Supplied records Start Marker

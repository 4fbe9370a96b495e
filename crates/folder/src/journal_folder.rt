//! Journals as files of a folder.

use crate::mapping_file::MappingFile;
use journal::Journal;
use journals::{HeadFault, write};
use serde_json::Value;
use std::alloc::{AllocError, AllocFailed, Global};
use std::fmt::Display;
use std::fs::File;
use std::io::Write;
use std::rt::Files;
use std::{fmt, fs, io};

/// Why journals aren't kept.
#[derive(Debug, Drop)]
pub enum KeepFault {
    Folder(io::Error),
    /// The file of a node; 0 is the master.
    File(u64, io::Error),
    Head(HeadFault),
    NoMemory,
}

impl Display for KeepFault {
    fn fmt<W: fmt::Write>(&self, f: &mut fmt::Formatter<W>) -> fmt::Result {
        match self {
            KeepFault::Folder(error) => write!(f, "their folder can't be made: {error}"),
            KeepFault::File(0, error) => write!(f, "master.journal: {error}"),
            KeepFault::File(copy, error) => write!(f, "copy-{copy}.journal: {error}"),
            KeepFault::Head(fault) => write!(f, "{fault}"),
            KeepFault::NoMemory => write!(f, "out of memory"),
        }
    }
}

impl From<AllocError> for KeepFault {
    fn from(_refused: AllocError) -> KeepFault {
        KeepFault::NoMemory
    }
}

impl<T: Drop> From<AllocFailed<T>> for KeepFault {
    fn from(_refused: AllocFailed<T>) -> KeepFault {
        KeepFault::NoMemory
    }
}

impl From<HeadFault> for KeepFault {
    fn from(fault: HeadFault) -> KeepFault {
        match fault {
            HeadFault::NoMemory => KeepFault::NoMemory,
            other => KeepFault::Head(other),
        }
    }
}

/// Writes the journals of a new index as text into a folder, which is made where it is missing.
pub fn keep_journals<R: Files<File = File> + AllocGlobal>(
    rt: &R,
    folder: &str,
    mapping: Option<&MappingFile>,
    journals: &[Journal],
) -> Result<(), KeepFault> {
    let texts = texts_of(rt.alloc(), mapping, journals)?;
    make(rt, folder)?;
    let mut node: u64 = 0;
    for text in &texts {
        let path = path_of(rt.alloc(), folder, node)?;
        if let Err(error) = write_file(rt, path.as_str(), text.as_str()) {
            return Err(KeepFault::File(node, error));
        }
        node = node.saturating_add(1);
    }
    Ok(())
}

fn texts_of(
    alloc: Global,
    mapping: Option<&MappingFile>,
    journals: &[Journal],
) -> Result<Vec<String>, KeepFault> {
    match mapping {
        Some(mapping) => Ok(write(alloc, &mapping.value, journals)?),
        None => {
            let Ok(empty) = Value::from_str(alloc, "{}") else {
                return Err(KeepFault::NoMemory);
            };
            Ok(write(alloc, &empty, journals)?)
        }
    }
}

fn make<R: Files<File = File>>(rt: &R, folder: &str) -> Result<(), KeepFault> {
    match fs::exists(rt, folder) {
        Ok(true) => Ok(()),
        Ok(false) => fs::create_dir(rt, folder).map_err(KeepFault::Folder),
        Err(error) => Err(KeepFault::Folder(error)),
    }
}

/// The path of a node's journal.
pub fn path_of(alloc: Global, folder: &str, node: u64) -> Result<String, AllocError> {
    if node == 0 {
        format!(in alloc; "{folder}/master.journal")
    } else {
        format!(in alloc; "{folder}/copy-{node}.journal")
    }
}

fn write_file<R: Files<File = File>>(rt: &R, path: &str, text: &str) -> io::Result<()> {
    let mut file = fs::create(rt, path)?;
    file.write_all(text.as_bytes())
}
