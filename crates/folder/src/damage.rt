//! What is wrong with the log of a copy, though each of its whole frames may be a record.

use std::fmt;
use std::fmt::Display;

/// Damage of a log, by the offset where it begins.
#[derive(Clone, Copy, Debug, PartialEq, Eq)]
pub enum Damage {
    /// The block of 65,536 bytes there has another sum than the one that was kept of it.
    Sum(u64),
    /// The log ends there, and sums of more bytes were kept.
    Short(u64),
    /// The frame there isn't whole, and no crash leaves it so.
    Torn(u64),
    /// A number in the frame there can't have been written behind those before it.
    Number(u64),
}

impl Damage {
    /// Where it begins.
    pub fn offset(self) -> u64 {
        match self {
            Damage::Sum(offset) => offset,
            Damage::Short(offset) => offset,
            Damage::Torn(offset) => offset,
            Damage::Number(offset) => offset,
        }
    }
}

impl Display for Damage {
    fn fmt<W: fmt::Write>(&self, f: &mut fmt::Formatter<W>) -> fmt::Result {
        match self {
            Damage::Sum(offset) => write!(
                f,
                "the 65,536 bytes at offset {offset} have changed: their sum is another one"
            ),
            Damage::Short(offset) => write!(
                f,
                "its end is missing: it has {offset} bytes, and sums of more were kept"
            ),
            Damage::Torn(offset) => write!(
                f,
                "the frame at offset {offset} is damaged: it isn't whole, and no crash leaves it so"
            ),
            Damage::Number(offset) => write!(
                f,
                "the frame at offset {offset} is damaged: its number is too far past those before it"
            ),
        }
    }
}
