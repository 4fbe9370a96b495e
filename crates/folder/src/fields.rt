//! The fields of a frame, from left to right.
ghost use Rattle.std.specs.Prelude.{◌≡◌, IfSome, length};

/// The bytes of a frame that aren't read yet.
#[derive(Drop)]
pub(crate) struct Fields<'a> {
    left: &'a [u8],
}

impl<'a> Fields<'a> {
    pub(crate) fn of(content: &'a [u8]) -> Fields<'a> {
        Fields { left: content }
    }

    /// How many bytes aren't read yet.
    pub(crate) fn len(&self) -> usize {
        self.left.len()
    }

    /// The bytes that aren't read yet.
    pub(crate) fn into_rest(self) -> &'a [u8] {
        let Fields { left } = self;
        left
    }

    pub(crate) fn byte(&mut self) -> Option<u8> {
        let read = self.take(1)?;
        Some(read[0])
    }

    /// A number of two bytes.
    pub(crate) fn short(&mut self) -> Option<u16> {
        let read = self.take(2)?;
        Some(u16::from_le_bytes([read[0], read[1]]))
    }

    /// A number of four bytes.
    pub(crate) fn word(&mut self) -> Option<u32> {
        let read = self.take(4)?;
        Some(u32::from_le_bytes([read[0], read[1], read[2], read[3]]))
    }

    /// A number of eight bytes.
    pub(crate) fn long(&mut self) -> Option<u64> {
        let read = self.take(8)?;
        Some(u64::from_le_bytes([
            read[0], read[1], read[2], read[3], read[4], read[5], read[6], read[7],
        ]))
    }

    /// The next bytes, so many.
    pub(crate) fn take(&mut self, count: usize) -> Option<&'a [u8]>
        ensures { IfSome result (λ read. length read.now ≡ count) }
    {
        if self.left.len() < count {
            return None;
        }
        let (read, left) = self.left.split_at(count);
        self.left = left;
        Some(read)
    }
}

Supplied records End Marker

* Your objective: Write out, exactly as given, the line containing "let (read, left)" and every line after it to the end of the records. Include nothing else.

* Answer box:
        let (read, left) = self.left.split_at(count);
        self.left = left;
        Some(read)
    }
}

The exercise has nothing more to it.